- Opening Delimiter -
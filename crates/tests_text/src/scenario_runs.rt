//! Runs over a reader and a writer that do as their fields say.

use crate::devices::{Device, Feed};
use crate::texts::{LONG_ROWS, LongRow, ROWS, Row};
use resolvers::{Largest, Lww, Resolver};
use scenario::{ScenarioFault, run_over};
use std::alloc::Global;
use std::process::Abort;
use streams::MayFail;

/// How a run ends.
pub type Done = Result<(), ScenarioFault>;

pub fn lww(rt: &impl Abort, alloc: Global) -> Box<dyn Resolver> {
    let boxed = match Box::new(alloc, Lww) {
        Ok(boxed) => boxed,
        Err(_) => Box::new(alloc, Lww).expect(rt, "memory once more"),
    };
    boxed
}

pub fn largest(rt: &impl Abort, alloc: Global) -> Box<dyn Resolver> {
    let boxed = match Box::new(alloc, Largest) {
        Ok(boxed) => boxed,
        Err(_) => Box::new(alloc, Largest).expect(rt, "memory once more"),
    };
    boxed
}

/// Runs a text with `count` resolvers. Returns how it ends, and what became of the device.
pub fn run(
    rt: &impl Abort,
    alloc: Global,
    feed: Feed,
    device: Device,
    count: usize,
) -> (Done, Device) {
    let all = [lww(rt, alloc), largest(rt, alloc)];
    let mut writer = MayFail(device);
    let resolvers = all.get(..count).unwrap_or(&[]);
    let done = run_over(alloc, &mut MayFail(feed), &mut writer, resolvers);
    drop(all);
    (done, writer.0)
}

/// Returns how a run ends whose first bad line is this one, 0 for none.
fn end(bad: u64) -> Done {
    if bad == 0 {
        Ok(())
    } else {
        Err(ScenarioFault::BadLine { line: bad })
    }
}

/// A text, in pieces of at most `most` bytes.
fn assert_prints(rt: &impl Abort, alloc: Global, row: Row, most: usize) {
    let (text, count, output, bad) = row;
    let (mut reader, mut writer) = (Feed::new(text), Device::new(output));
    reader.most = most;
    writer.most = most;
    let (done, writer) = run(rt, alloc, reader, writer, count);
    assert!(rt; writer.is_right && writer.wanted.is_empty());
    assert!(rt; done == end(bad));
}

#[test]
fn each_text_prints_its_output_in_pieces_of_any_length(rt: HostRuntime) {
    for row in &ROWS {
        for most in 1..20 {
            assert_prints(&rt, rt.alloc(), *row, most);
        }
    }
}

fn assert_long(rt: &impl Abort, alloc: Global, row: LongRow) {
    let (text, times, output, bad) = row;
    let mut reader = Feed::new(text);
    reader.times = times.saturating_sub(1);
    let (done, writer) = run(rt, alloc, reader, Device::new(output), 0);
    assert!(rt; writer.is_right && writer.wanted.is_empty());
    assert!(rt; done == end(bad));
}

#[test]
fn lines_may_be_long(rt: HostRuntime) {
    for row in &LONG_ROWS {
        assert_long(&rt, rt.alloc(), *row);
    }
}
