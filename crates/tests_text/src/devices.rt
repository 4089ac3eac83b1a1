//! A reader of a text and a writer of one, which count, and fail as their fields say.

use std::io::{self, ErrorKind, Read, Write};

/// How a reader goes on after its text.
#[derive(Clone, Copy)]
pub enum End {
    /// It is at its end.
    Over,
    /// It fails each time.
    Fails(ErrorKind),
    /// It fails once, and is at its end then.
    FailsOnce(ErrorKind),
}

/// Gives what is left of a text, and then the whole text `times` times, at most `most` bytes at a
/// time.
#[derive(Clone, Copy)]
pub struct Feed {
    pub left: &'static [u8],
    pub text: &'static [u8],
    pub times: u32,
    pub most: usize,
    pub end: End,
}

impl Feed {
    /// Makes a reader of a text, which gives pieces of any length and is then at its end.
    pub fn new(text: &'static [u8]) -> Feed {
        Feed {
            left: text,
            text,
            times: 0,
            most: usize::MAX,
            end: End::Over,
        }
    }

    /// Returns how it fails after its text, if it does.
    fn fault(&mut self) -> Option<ErrorKind> {
        match self.end {
            End::Over => None,
            End::Fails(kind) => Some(kind),
            End::FailsOnce(kind) => {
                self.end = End::Over;
                Some(kind)
            }
        }
    }
}

impl Read for Feed {
    fn read(&mut self, piece: &mut [u8]) -> io::Result<usize> {
        if self.left.is_empty() && self.times > 0 {
            self.left = self.text;
            self.times -= 1;
        }
        let n = piece.len().min(self.most).min(self.left.len());
        if n == 0 {
            return match self.fault() {
                Some(kind) => Err(io::Error::from(kind)),
                None => Ok(0),
            };
        }
        piece[..n].copy_from_slice(&self.left[..n]);
        self.left = &self.left[n..];
        Ok(n)
    }
}

/// Gives `left` bytes, of which the last of each piece is a line feed. The others are left as they
/// are.
#[derive(Clone, Copy)]
pub struct Lines {
    pub left: usize,
}

impl Read for Lines {
    fn read(&mut self, piece: &mut [u8]) -> io::Result<usize> {
        let n = piece.len().min(self.left);
        if n == 0 {
            return Ok(0);
        }
        piece[n - 1] = b'\n';
        self.left -= n;
        Ok(n)
    }
}

/// Takes `room` bytes, at most `most` at a time, and then none, or fails with `fault`, at a flush
/// too. A reader of what it took sees only what was flushed.
#[derive(Clone, Copy)]
pub struct Device {
    /// The rest of the text, which it expects.
    pub wanted: &'static [u8],
    /// Whether only what was wanted came.
    pub is_right: bool,
    /// How many bytes were missing at the last flush.
    pub unseen: usize,
    pub flushes: u32,
    pub room: usize,
    pub most: usize,
    /// How a write fails for which there is no room. Then a flush fails too, for another reason.
    pub fault: Option<ErrorKind>,
}

impl Device {
    /// Makes a device that takes all, and expects this text.
    pub fn new(wanted: &'static [u8]) -> Device {
        Device {
            wanted,
            is_right: true,
            unseen: wanted.len(),
            flushes: 0,
            room: usize::MAX,
            most: usize::MAX,
            fault: None,
        }
    }
}

impl Write for Device {
    fn write(&mut self, bytes: &[u8]) -> io::Result<usize> {
        let n = bytes.len().min(self.most).min(self.room);
        if n == 0 && !bytes.is_empty() {
            return match self.fault {
                Some(kind) => Err(io::Error::from(kind)),
                None => Ok(0),
            };
        }
        match self.wanted.strip_prefix(&bytes[..n]) {
            Some(rest) => self.wanted = rest,
            None => self.is_right = false,
        }
        self.room -= n;
        Ok(n)
    }

    fn flush(&mut self) -> io::Result<()> {
        if self.fault.is_some() {
            return Err(io::Error::from(ErrorKind::StorageFull));
        }
        self.unseen = self.wanted.len();
        self.flushes = self.flushes.saturating_add(1);
        Ok(())
    }
}
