ghost use Rattle.std.specs.Prelude.{◌≡◌, [], length, None, Some, IfErr, IfOk, OnOk, OnErr, IfSome, IfNone, false, IsTrue, ◌↔◌};
ghost use Rattle.std.specs.Option.{option_copied};
ghost use Rattle.std.specs.FinMap.{find};
ghost use Rattle.meta_types.specs.Order.{key_cmp};
ghost use Rattle.meta_types.specs.Failing.{FailsBy};
ghost use Rattle.dvvset.specs.Clock.{join, update, values_of};
ghost use Rattle.meta_store.specs.Table.{IsHeld, IsTable, is_stale, keys_under, object_at, prefixes_of, with_object, without_object};
ghost use Rattle.meta_store.specs.Kept.{AreParts, table_of};
ghost use Rattle.meta_store.specs.Context.{reading_at};
ghost use Rattle.meta_store.specs.Step.{is_full_for, refusal_of_update};
ghost use Rattle.meta_store.specs.declared.fault.StoreFault.TheVariants.{Memory};

use crate::context::Context;
use crate::fault::StoreFault;
use crate::parts::{copy_parts, put_part, remove_part, replace_in_part};
use crate::rows::Rows;
use crate::source::Source;
use dvvset::{Entries, Vector, has_read, join, values};
use meta_types::{Actor, FullPrefix, MetaKey, Value};
use std::alloc::{AllocError, Global};
use std::collections::BTreeMap;
use std::collections::btree_map::Iter;
use std::marker::Model;

/// The most keys of a store.
pub const MAX_KEYS: usize = 8_192;

/// What one node holds: a map from key to object, by full prefix and then by the keys' own bytes,
/// so that a full prefix is kept once. Each object held shows a value; a key without an object is
/// read as one with the absent object.
#[derive(Debug, Drop)]
pub struct Store {
    alloc: Global,
    parts: BTreeMap<FullPrefix, Rows>,
    len: usize,
}

impl Model for Store {
    ghost use Rattle.std.specs.Prelude.{◌≡◌, length};
    ghost use Rattle.meta_store.specs.Table.{Table};
    ghost use Rattle.meta_store.specs.Kept.{AreParts, table_of};

    ghost Value = { Table };

    ghost view = { λ s. table_of s.parts.entries };

    ghost invariant = { λ s. record {
      parts : AreParts s.parts.entries;
      counted : s.len ≡ length (table_of s.parts.entries);
    } };
}

impl Store {
    /// Makes a store that holds nothing. It takes no memory; memory for what is held comes from the
    /// allocator.
    pub fn new(alloc: Global) -> Self
        ensures { result ≡ [] }
    {
        Store {
            alloc,
            parts: BTreeMap::new(alloc),
            len: 0,
        }
    }

    /// Returns how many keys are held, at most 8,192.
    pub fn len(&self) -> usize
        ensures value { result ≡ length self.now }
        ensures is_table { IsTable self.now }
    {
        self.len
    }

    /// Returns whether no key is held.
    pub fn is_empty(&self) -> bool
        ensures { IsTrue result ↔ (self.now ≡ []) }
    {
        self.len == 0
    }

    /// Returns the object that is held under the key.
    pub fn object(&self, key: &MetaKey) -> Option<&Entries>
        ensures value { option_copied result ≡ find key_cmp key.now self.now }
        ensures lawful { IfSome result (λ object. IsHeld object.now) }
    {
        self.parts.get(key.prefix())?.object(key.own_bytes())
    }

    /// Returns the values under the key, by writer and of each writer the newest first, and the
    /// vector of their object. Several values are siblings. Both are empty if nothing is held. They
    /// are copies. Fails only when memory runs out.
    pub fn get(&self, key: &MetaKey) -> Result<(Vec<Value>, Vector), AllocError>
        ensures values { IfOk result
            (λ read. read.0.items ≡ values_of (object_at self.now key.now)) }
        ensures vector { IfOk result (λ read. read.1 ≡ join (object_at self.now key.now)) }
    {
        let absent = Entries::empty(self.alloc);
        read(self.alloc, self.object_or(key, &absent))
    }

    /// Returns the values under the key, as `get` has them, and a context for a later write that
    /// has read them, as `context` makes it. Fails only when memory runs out.
    pub fn look(&self, key: &MetaKey, source: Source) -> Result<(Vec<Value>, Context), AllocError>
        ensures values { IfOk result
            (λ read. read.0.items ≡ values_of (object_at self.now key.now)) }
        ensures context { IfOk result (λ read. read.1 ≡ reading_at self.now key.now source) }
    {
        let (values, vector) = self.get(key)?;
        Ok((values, Context::new(key.copy()?, vector, source)))
    }

    /// Returns a context for a later write that has read what is under the key; if nothing is held,
    /// its vector has read nothing. `source` says who reads. No value is copied. Fails only when
    /// memory runs out.
    pub fn context(&self, key: &MetaKey, source: Source) -> Result<Context, AllocError>
        ensures { IfOk result (λ context. context ≡ reading_at self.now key.now source) }
    {
        Ok(Context::new(key.copy()?, self.vector(key)?, source))
    }

    /// Returns the vector of the object under the key, which has read nothing if nothing is held.
    fn vector(&self, key: &MetaKey) -> Result<Vector, AllocError>
        ensures { IfOk result (λ vector. vector ≡ join (object_at self.now key.now)) }
    {
        let absent = Entries::empty(self.alloc);
        join(self.alloc, self.object_or(key, &absent))
    }

    /// Returns whether the object under the key has read all that the vector has. It takes no
    /// memory.
    pub fn is_stale(&self, key: &MetaKey, vector: &Vector) -> bool
        ensures { result ≡ is_stale self.now key.now vector.now }
    {
        let absent = Entries::empty(self.alloc);
        has_read(self.object_or(key, &absent), vector)
    }

    /// Returns whether an object may be held under the key: it is held, or there are fewer keys
    /// than 8,192. It takes no memory.
    pub fn has_room_for(&self, key: &MetaKey) -> bool
        ensures { IsTrue result ↔ (is_full_for self.now key.now ≡ false) }
    {
        self.len < MAX_KEYS || self.object(key).is_some()
    }

    /// Holds the object under the key, in place of what is held there. It is for filling a store
    /// with what another one has held. Fails only when memory runs out for a new key, and then
    /// nothing changes. A key that is held is never refused.
    pub fn hold(&mut self, key: MetaKey, object: Entries) -> Result<(), AllocError>
        requires held { IsHeld object }
        requires room { is_full_for self.old key ≡ false }
        ensures value { OnOk result (self.new ≡ with_object key object self.old) }
        ensures absent { OnErr result (find key_cmp key self.old ≡ None) }
        ensures same { OnErr result (self.new ≡ self.old) }
    {
        let (prefix, own) = key.into_parts();
        if put_part(self.alloc, &mut self.parts, prefix, own, object)? {
            self.len += 1;
        }
        Ok(())
    }

    /// Writes to the key by `id`, with what the write has read, if the key is held; it is searched
    /// for once. If it isn't held, the value comes back. If the write is refused or the value comes
    /// back, nothing changes.
    pub(crate) fn put_held(
        &mut self,
        id: Actor,
        key: &MetaKey,
        value: Value,
        read: &Vector,
    ) -> Result<Option<Value>, StoreFault>
        ensures value { IfOk result (λ left. IfNone left
            (self.new ≡ with_object key.now
            (update read.now (object_at self.old key.now) id value) self.old)) }
        ensures no_refusal { IfOk result (λ left. IfNone left
            (refusal_of_update read.now (object_at self.old key.now) id value ≡ None)) }
        ensures found { IfOk result (λ left. IfNone left
            (is_full_for self.old key.now ≡ false)) }
        ensures left { IfOk result (λ left. IfSome left
            (λ back. (back ≡ value)
            × ((object_at self.old key.now ≡ []) × (self.new ≡ self.old)))) }
        ensures fault { FailsBy Memory
            (refusal_of_update read.now (object_at self.old key.now) id value) result }
        ensures refused { OnErr result (is_full_for self.old key.now ≡ false) }
        ensures same { OnErr result (self.new ≡ self.old) }
    {
        let alloc = self.alloc;
        let Some(rows) = self.parts.get_mut(key.prefix()) else {
            return Ok(Some(value));
        };
        rows.put_held(alloc, id, key.own_bytes(), value, read)
    }

    /// Puts the object in the place of the one that is held under the key, and returns that one. If
    /// the key isn't held, the object comes back and nothing changes. It takes no memory.
    pub fn replace(&mut self, key: &MetaKey, object: Entries) -> Result<Entries, Entries>
        requires { IsHeld object }
        ensures value { OnOk result (self.new ≡ with_object key.now object self.old) }
        ensures before { IfOk result (λ before. find key_cmp key.now self.old ≡ Some before) }
        ensures lawful { IfOk result IsHeld }
        ensures absent { OnErr result (find key_cmp key.now self.old ≡ None) }
        ensures back { IfErr result (λ back. back ≡ object) }
        ensures same { OnErr result (self.new ≡ self.old) }
    {
        replace_in_part(&mut self.parts, key.prefix(), key.own_bytes(), object)
    }

    /// Takes the key and its object out again. Nothing changes if the key isn't held. It takes no
    /// memory. It is for taking back a merge or a `hold` under a new key, if what belongs to it
    /// elsewhere could not be kept. It is no deletion, which is a write of a tombstone: what is
    /// forgotten isn't known, so a node would count its own writes under the key from 1 again.
    pub fn forget(&mut self, key: &MetaKey)
        ensures { self.new ≡ without_object key.now self.old }
    {
        if remove_part(&mut self.parts, key.prefix(), key.own_bytes()) {
            self.len -= 1;
        }
    }

    /// Returns the keys under the full prefix, in order; none if it holds none. They are copies.
    /// Fails only when memory runs out.
    pub fn list(&self, prefix: &FullPrefix) -> Result<Vec<MetaKey>, AllocError>
        ensures { IfOk result (λ keys. keys.items ≡ keys_under prefix.now self.now) }
    {
        match self.parts.get(prefix) {
            Some(rows) => rows.keys(self.alloc, prefix),
            None => Ok(Vec::new(self.alloc)),
        }
    }

    /// Returns the full prefixes that hold a key, in order. They are copies. Fails only when memory
    /// runs out.
    pub fn prefixes(&self) -> Result<Vec<FullPrefix>, AllocError>
        ensures { IfOk result (λ prefixes. prefixes.items ≡ prefixes_of self.now) }
    {
        let mut prefixes = Vec::with_capacity(self.alloc, self.parts.len())?;
        for prefix in self.parts.keys() {
            prefixes.push(prefix.copy()?)?;
        }
        Ok(prefixes)
    }

    /// Goes over the full prefixes in order, each with its keys and their objects: all that is
    /// held, without taking memory.
    pub fn iter(&self) -> Iter<'_, FullPrefix, Rows>
        ensures rows { table_of result ≡ self.now }
        ensures parts { AreParts result }
    {
        self.parts.iter()
    }

    /// Fails only when memory runs out.
    pub fn copy(&self) -> Result<Self, AllocError>
        ensures { IfOk result (λ copy. copy ≡ self.now) }
    {
        Ok(Store {
            alloc: self.alloc,
            parts: copy_parts(self.alloc, &self.parts)?,
            len: self.len,
        })
    }

    /// Returns the object under the key, or `absent` if nothing is held.
    pub(crate) fn object_or<'a>(&'a self, key: &MetaKey, absent: &'a Entries) -> &'a Entries
        requires { absent.now ≡ [] }
        ensures { result.now ≡ object_at self.now key.now }
    {
        self.object(key).unwrap_or(absent)
    }

    pub(crate) fn allocator(&self) -> Global {
        self.alloc
    }
}

/// Returns copies of the values of an object and of its vector. Fails only when memory runs out.
fn read(alloc: Global, object: &Entries) -> Result<(Vec<Value>, Vector), AllocError>
    ensures values { IfOk result (λ read. read.0.items ≡ values_of object.now) }
    ensures vector { IfOk result (λ read. read.1 ≡ join object.now) }
{
    Ok((values(alloc, object)?, join(alloc, object)?))
}

impl PartialEq for Store {
    ghost use Rattle.std.specs.Prelude.{◌≡◌, ◌↔◌, IsTrue};
    ghost use Rattle.std.specs.Cmp.{partial_equiv_from_equiv};
    ghost use Rattle.meta_store.specs.Equal.{table_eq, table_equivalence};

    ghost eq = { table_eq };

    ghost laws = { partial_equiv_from_equiv table_equivalence };

    /// Returns whether both hold the same objects under the same keys. It takes no memory.
    fn eq(&self, other: &Store) -> bool
        ensures value { result ≡ table_eq self.now other.now }
        ensures same { IsTrue result ↔ (self.now ≡ other.now) }
    {
        self.parts == other.parts
    }
}

impl Eq for Store {
    ghost use Rattle.meta_store.specs.Equal.{table_equivalence};

    ghost laws = { table_equivalence };
}
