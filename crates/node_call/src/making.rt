//! A write of a batch is made, so that it can be taken back with the others.

ghost use Rattle.std.specs.Prelude.{◌≡◌, ◌<◌, ◌⊎◌, ◌++◌, ◌∷◌, ◌^◌, ◌-◌, [], IsErrOf, IfOk, IfErr, OnOk, OnErr, length, vec_len, vec_capacity};
ghost use Rattle.node_core.specs.Savepoint.{CanRollBack, as_saved};
ghost use Rattle.node_core.specs.Step.{CanComeOf};
ghost use Rattle.node_call.specs.Batch.{IsMadeWrite, IsWrite, event_written};
ghost use Rattle.node_call.specs.Journaled.{IsPublishedBy};
ghost use Rattle.node_call.specs.Ready.{CanStep, HoldsChanged, IsFullFor, IsKnownStep, Prevents, entry_made};
ghost use Rattle.node_call.specs.declared.fault.LockFault.TheVariants.{JournalFull, Memory};

use crate::fault::LockFault;
use crate::ready::{held_under, make_room};
use crate::write::Write;
use meta_store::Store;
use meta_types::both;
use node_core::laws::{each_step_counts, each_step_grows, what_is_held_is_kept};
use node_core::{NodeState, Savepoint, Stepped};
use node_events::{NodeEvent, StepFault};
use node_journal::Entry;
use node_readers::Published;
use std::alloc::AllocError;

/// The step of a write, the entry to be handed out, and what it publishes.
#[derive(Drop)]
struct MadeWrite {
    stepped: Stepped,
    entry: Entry,
    change: Published,
}

/// Makes the write, since the savepoint, and puts its entry behind the journal. Returns a copy of
/// the entry, and what it publishes. If it is refused, the state may have made the step.
///
/// Refused in this order: as `NodeState::step` is; 51 `JournalFull`. 99 `Memory` may come at any
/// time.
pub(crate) fn make_write(
    state: &mut NodeState,
    savepoint: &mut Savepoint,
    journal: &mut Vec<Entry>,
    limit: usize,
    write: Write,
) -> Result<(Entry, Published), LockFault>
    requires { CanRollBack savepoint.old state.old }
    ensures made { IfOk result (λ it. IsMadeWrite state.old it.0 it.1 state.new) }
    ensures event { IfOk result (λ it. it.0.event ≡ event_written write) }
    ensures journal { IfOk result (λ it. journal.new.items ≡ journal.old.items ++ it.0 ∷ []) }
    ensures few { OnOk result
        ((length journal.old.items < limit) × (state.old.steps < 2 ^ 64 - 1)) }
    ensures refused { IfErr result
        (Prevents state.old (event_written write) limit (length journal.old.items)) }
    ensures same { OnErr result (journal.new.items ≡ journal.old.items) }
    ensures can { CanRollBack savepoint.new state.new }
    ensures back { as_saved savepoint.new state.new ≡ as_saved savepoint.old state.old }
{
    let event = write.into_event();
    let made = make_event(state, savepoint, journal, limit, &event);
    // What is owned goes through `both`, so that nothing is owned if it fails.
    let (event, made) = both(Ok(event), made)?;
    let MadeWrite {
        stepped,
        entry,
        change,
    } = made;
    let Stepped { reply, outbox } = stepped;
    journal.push_reserved(Entry {
        event,
        reply,
        outbox,
    });
    Ok((entry, change))
}

/// Makes the step, and room for its entry, and copies what is handed out.
fn make_event(
    state: &mut NodeState,
    savepoint: &mut Savepoint,
    journal: &mut Vec<Entry>,
    limit: usize,
    event: &NodeEvent,
) -> Result<MadeWrite, LockFault>
    requires can { CanRollBack savepoint.old state.old }
    requires write { IsWrite event.now }
    ensures made { IfOk result (λ m. IsMadeWrite state.old m.entry m.change state.new) }
    ensures entry { IfOk result (λ m. m.entry ≡ entry_made event.now m.stepped) }
    ensures room { OnOk result (vec_len journal.new < vec_capacity journal.new) }
    ensures few { OnOk result
        ((length journal.old.items < limit) × (state.old.steps < 2 ^ 64 - 1)) }
    ensures journal { journal.new.items ≡ journal.old.items }
    ensures refused { IfErr result
        (Prevents state.old event.now limit (length journal.old.items)) }
    ensures can { CanRollBack savepoint.new state.new }
    ensures back { as_saved savepoint.new state.new ≡ as_saved savepoint.old state.old }
{
    let steps = state.steps();
    let stepped = step_known(state, savepoint, event)?;
    let handed = hand_out(state.store(), journal, limit, steps, event, &stepped);
    let (stepped, (entry, change)) = both(Ok(stepped), handed)?;
    Ok(MadeWrite {
        stepped,
        entry,
        change,
    })
}

/// Makes the step. Its contract also says what the laws of steps say of it.
fn step_known(
    state: &mut NodeState,
    savepoint: &mut Savepoint,
    event: &NodeEvent,
) -> Result<Stepped, StepFault>
    requires { CanRollBack savepoint.old state.old }
    ensures known { IfOk result (IsKnownStep state.old event.now state.new) }
    ensures can_step { OnOk result (CanStep state.old event.now) }
    ensures refused { IfErr result (CanComeOf state.old event.now) }
    ensures can { CanRollBack savepoint.new state.new }
    ensures back { as_saved savepoint.new state.new ≡ as_saved savepoint.old state.old }
{
    each_step_counts();
    each_step_grows(event);
    what_is_held_is_kept();
    // (for its type)
    let _ = state.store().len();
    let stepped = state.step_since(savepoint, event);
    let _ = state.store().len();
    stepped
}

/// Makes room in the journal, and copies the entry, and the object that the store then holds under
/// the key of the write.
fn hand_out(
    store: &Store,
    journal: &mut Vec<Entry>,
    limit: usize,
    steps: u64,
    event: &NodeEvent,
    stepped: &Stepped,
) -> Result<(Entry, Published), LockFault>
    requires write { IsWrite event.now }
    requires held { HoldsChanged event.now stepped.now.reply store.now }
    ensures entry { IfOk result (λ it. it.0 ≡ entry_made event.now stepped.now) }
    ensures change { IfOk result
        (λ it. IsPublishedBy event.now stepped.now.reply store.now (it.1 ∷ [])) }
    ensures room { OnOk result (vec_len journal.new < vec_capacity journal.new) }
    ensures few { OnOk result ((length journal.old.items < limit) × (steps < 2 ^ 64 - 1)) }
    ensures same { journal.new.items ≡ journal.old.items }
    ensures full { IsErrOf result JournalFull
        → IsFullFor limit (length journal.old.items) steps }
    ensures causes { IfErr result (λ fault. (fault ≡ JournalFull) ⊎ (fault ≡ Memory)) }
{
    make_room(journal, limit, steps)?;
    let entry = entry_of(event, stepped);
    let change = held_under(event.stored_key(), store);
    let (entry, change) = both(entry, change)?;
    match change {
        Some(change) => Ok((entry, change)),
        None => unreachable!(),
    }
}

/// Returns the entry of a step.
fn entry_of(event: &NodeEvent, stepped: &Stepped) -> Result<Entry, AllocError>
    ensures { IfOk result (λ entry. entry ≡ entry_made event.now stepped.now) }
{
    Ok(Entry {
        event: event.copy()?,
        reply: stepped.reply.copy()?,
        outbox: stepped.outbox.copy()?,
    })
}
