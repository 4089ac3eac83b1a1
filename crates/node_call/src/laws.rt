//! Laws of what is acknowledged. The contract of a function is the law; its body does nothing.

ghost use Rattle.node_call.specs.Acknowledged.{LearntCallsAreKnown, LearntWritesAreKnown};

/// What a seat that learnt of a write is shown under its key descends what the write was answered.
/// The law joins [`Acknowledgement::receipt`](crate::Acknowledgement::receipt): `tells`,
/// `ReadSeat::learn`: `revision`, and `ReadSeat::peek`: `holds_learnt`, `descends`.
pub fn learnt_writes_are_known()
    ensures { LearntWritesAreKnown }
{}

/// What a seat that learnt of a call is shown under any key descends what the node held there after
/// the call. The law joins `Desk::act`: `makes`, or what a call through the lock answers,
/// `ReadSeat::learn`: `revision`, and `ReadSeat::peek`: `holds_learnt`, `descends`.
pub fn learnt_calls_are_known()
    ensures { LearntCallsAreKnown }
{}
- Closing Delimiter -
▸ **Exercise prompt**: Look through the data above for the word "OnErr". Report each line where it occurs.

▸ **Your response**:
ghost use Rattle.std.specs.Prelude.{◌≡◌, [], length, None, Some, IfErr, IfOk, OnOk, OnErr, IfSome, IfNone, false, IsTrue, ◌↔◌};
        ensures absent { OnErr result (find key_cmp key self.old ≡ None) }
        ensures same { OnErr result (self.new ≡ self.old) }
        ensures refused { OnErr result (is_full_for self.old key.now ≡ false) }
        ensures same { OnErr result (self.new ≡ self.old) }
        ensures absent { OnErr result (find key_cmp key.now self.old ≡ None) }
        ensures same { OnErr result (self.new ≡ self.old) }
ghost use Rattle.std.specs.Prelude.{◌≡◌, ◌<◌, ◌⊎◌, ◌++◌, ◌∷◌, ◌^◌, ◌-◌, [], IsErrOf, IfOk, IfErr, OnOk, OnErr, length, vec_len, vec_capacity};
    ensures same { OnErr result (journal.new.items ≡ journal.old.items) }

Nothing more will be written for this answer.